Daily Sangram reporter arrested in Bangladesh sedition case
Bangladeshi authorities should immediately release reporter Ruhul Amin Gazi and let him work freely, the Committee to Protect Journalists said today.
Yesterday evening, police officers in the Hatirjheel neighborhood of Dhaka, the capital, arrested Gazi, a reporter with the Daily Sangram newspaper, according to news reports.
The arrest came after Metropolitan Magistrate Debdash Chandra Adhikary rejected the journalist’s bail petition in an ongoing criminal investigation, according to those reports.

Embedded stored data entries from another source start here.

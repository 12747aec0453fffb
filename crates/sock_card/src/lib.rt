//! The records of the kernel's socket tables, and the rules that speak of one or two of them.
//!
//! An [`Owner`] is a socket as the bind buckets see it: [`bind_conflict`] says which other owner of
//! its port keeps it from being bound or from listening. A [`Card`] is a socket as lookups see it:
//! [`rank`] says how well it matches a packet. All are plain numbers, and each function is exactly
//! its definition in `specs/`; laws say that owners agree whichever comes first, and that what isn't
//! refused agrees with what was there. It stands on nothing.
//!
//! ```text
//! if owners.iter().any(|other| bind_conflict(&new, other)) {
//!     return Reply::Eaddrinuse;
//! }
//! ```
#![tactic(auto)]

pub mod card;
pub mod owner;
pub mod words;

pub use card::{
    Card, Kind, Packet, Tuple, packet_tuple, rank, same_tuple, tuple_of, tw_expired, tw_replaceable,
};
pub use owner::{
    GROUP_ROOM, Owner, State, as_listener, as_request, as_waiting, bind_conflict, bind_key, child,
    connected, holds, is_mate, overlap, strict_conflict,
};
pub use words::{CardWords, pack, unpack, word_rank};
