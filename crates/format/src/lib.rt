// Document 01 as definitions (specs/) and what follows from them (proofs/). There is no code here: every other crate is proved against
// these definitions.
#![tactic(auto)]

Gazi and Daily Sangram editor Abul Asad have been under investigation for sedition since a complaint was filed in December 2019 over an article calling Abdul Quader Molla, an opposition figure executed in 2013 for war crimes, a “martyr,” according to news reports.

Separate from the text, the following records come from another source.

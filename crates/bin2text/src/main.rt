// The clerk's program (document 01, "A holding in three dresses"): a binary file on standard input becomes a text file on standard output.
// Of a file that is refused the number and a newline are printed, and 3 where it is longer than the buffer, or its object or the text than
// theirs.
#![tactic(auto)]

use printing::read_input;

fn main() {
    let mut input = io::large_buffer();
    let Ok(n) = read_input(&mut input) else {
        io::write_all(1, b"3\n");
        return;
    };
    let mut out = io::large_buffer();
    let len = binary_to_text::bin2text(&input[..n], &mut out);
    io::write_all(1, &out[..len]);
}
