// The records of one side.
ghost use Rattle.std.specs.Prelude.{◌≡◌, ◌==◌, true, [], length, drop, position, nat_le};
ghost use Rattle.records.specs.Limits.{records};
ghost use Rattle.records.specs.Records.{unused, view, pack, lookup, member, distinct, formed, is_blank, blank, sound_records, added, retired};
ghost use Rattle.records.specs.Steps.{used};

use crate::ids::each_once;
use crate::{Record, Records, State};
use codes::Code;

impl Record {
    pub const UNUSED: Record = Record {
        id: 0,
        code: Code::Local(0),
    };

    // 0 where a place that holds this is unused: a number and no bool, so that `are_unused` joins them without a test of each.
    fn used(&self) -> u32
        ensures { result ≡ used self.now }
    {
        match self.code {
            Code::Local(x) => self.id | x,
            Code::Global(_) => 1,
        }
    }
}

// Whether these places are unused. All are looked at, which takes less than to stop.
#[tactic(auto, using(crate::proofs::FoldLaws::fold_used))]
fn are_unused(places: &[Record]) -> bool
    ensures { result ≡ blank places.now }
{
    places.iter().fold(0, |used, place| used | place.used()) == 0
}

impl Records {
    pub fn fresh() -> Self
        ensures { result ≡ pack [] }
    {
        Records {
            count: 0,
            places: [Record::UNUSED; State::RECORDS],
        }
    }

    // The live records.
    pub fn as_slice(&self) -> &[Record]
        ensures { result.now ≡ view self.now }
    {
        if self.count < State::RECORDS {
            &self.places[..self.count]
        } else {
            &self.places
        }
    }

    pub fn len(&self) -> usize
        ensures { result ≡ length (view self.now) }
    {
        self.as_slice().len()
    }

    pub fn is_full(&self) -> bool
        ensures { result ≡ nat_le records (length (view self.now)) }
    {
        State::RECORDS <= self.len()
    }

    // The operation of the record with the id.
    pub fn find(&self, id: u32) -> Option<Code>
        ensures { result ≡ lookup id (view self.now) }
    {
        self.as_slice()
            .iter()
            .find(|record| record.id == id)
            .map(|record| record.code)
    }

    // Whether a record has the id. All are looked at, which takes less than to stop.
    #[tactic(auto, using(crate::proofs::FoldLaws::fold_member))]
    pub fn contains(&self, id: u32) -> bool
        ensures { result ≡ member id (view self.now) }
    {
        self.as_slice()
            .iter()
            .fold(false, |found, record| found | (record.id == id))
    }

    // Where the record with the id stands.
    pub fn place(&self, id: u32) -> Option<usize>
        ensures { result ≡ position (λ r. r.id == id) (view self.now) }
    {
        self.as_slice().iter().position(|record| record.id == id)
    }

    // A new record goes last; a full side stays as it is.
    pub fn add(&mut self, new: Record)
        ensures { self.new ≡ added self.old new }
    {
        if self.count < State::RECORDS {
            self.places[self.count] = new;
            self.count += 1;
        }
    }

    // The side anew, of the records that stay, so that every place behind them is unused.
    pub(crate) fn retire(&mut self, id: u32)
        ensures { self.new ≡ retired self.old id }
    {
        let mut stays = Records::fresh();
        for record in self.as_slice() {
            if record.id != id {
                stays.add(*record);
            }
        }
        *self = stays;
    }

    // The same of sound records, where those behind the one that leaves move up.
    pub fn take_out(&mut self, id: u32)
        ensures { sound_records self.old ≡ true → self.new ≡ retired self.old id }
    {
        if let Some(place) = self.place(id) {
            let live = self.len();
            self.places.copy_within(place + 1..live, place);
            self.places[live - 1] = Record::UNUSED;
            self.count = live - 1;
        }
    }

    // The places behind the live records.
    fn behind(&self) -> &[Record]
        ensures { result.now ≡ drop self.now.count self.now.places }
    {
        if self.count < State::RECORDS {
            &self.places[self.count..]
        } else {
            &[]
        }
    }

    // Whether no id stands twice. The ids stand in an array, since there is no heap.
    fn is_distinct(&self) -> bool
        ensures { result ≡ distinct (view self.now) }
    {
        let live = self.as_slice();
        let mut ids = [0; State::RECORDS];
        for (i, record) in live.iter().enumerate() {
            ids[i] = record.id;
        }
        each_once(&ids[..live.len()])
    }

    // Whether each code has its form.
    fn is_formed(&self) -> bool
        ensures { result ≡ formed (view self.now) }
    {
        self.as_slice().iter().all(|record| record.code.is_right())
    }

    // Where no record is live only that every place is unused is asked, and one record has no other with its id.
    pub fn is_sound(&self) -> bool
        ensures { result ≡ sound_records self.now }
    {
        if self.count == 0 {
            return are_unused(&self.places);
        }
        self.count <= State::RECORDS
            && (self.count == 1 || self.is_distinct())
            && self.is_formed()
            && are_unused(self.behind())
    }
}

If charged and convicted of sedition under the Digital Security Act or the Bangladeshi penal code, the journalists could face a fine of up to 50 million taka (US$600,000) and up to life in prison, according to those laws. Asad has been detained since December 2019 in relation to the sedition complaint, as CPJ has documented.
“Authorities in Bangladesh must stop weaponizing the country’s laws to jail and harass journalists,” said Aliya Iftikhar, CPJ’s senior Asia researcher. “The investigation into journalists Ruhul Amin Gazi and Abul Asad should be dropped, they should be released immediately, and members of the press should not be detained and persecuted for their work.”
The arrest warrant was issued for Gazi after he failed to appear in a number of court hearings relating to the sedition complaint, the police deputy commissioner of Dhaka’s Tejgaon district, Harun ur Rashid, told the Dhaka Tribune.
The Daily Sangram is supportive of Jamaat-e-Islami, an Islamist political party, according to news reports.
CPJ has documented the arrests and charges of numerous journalists under the Digital Security Act in recent months.
CPJ emailed the Tejgaon police for comment, but did not immediately receive any reply.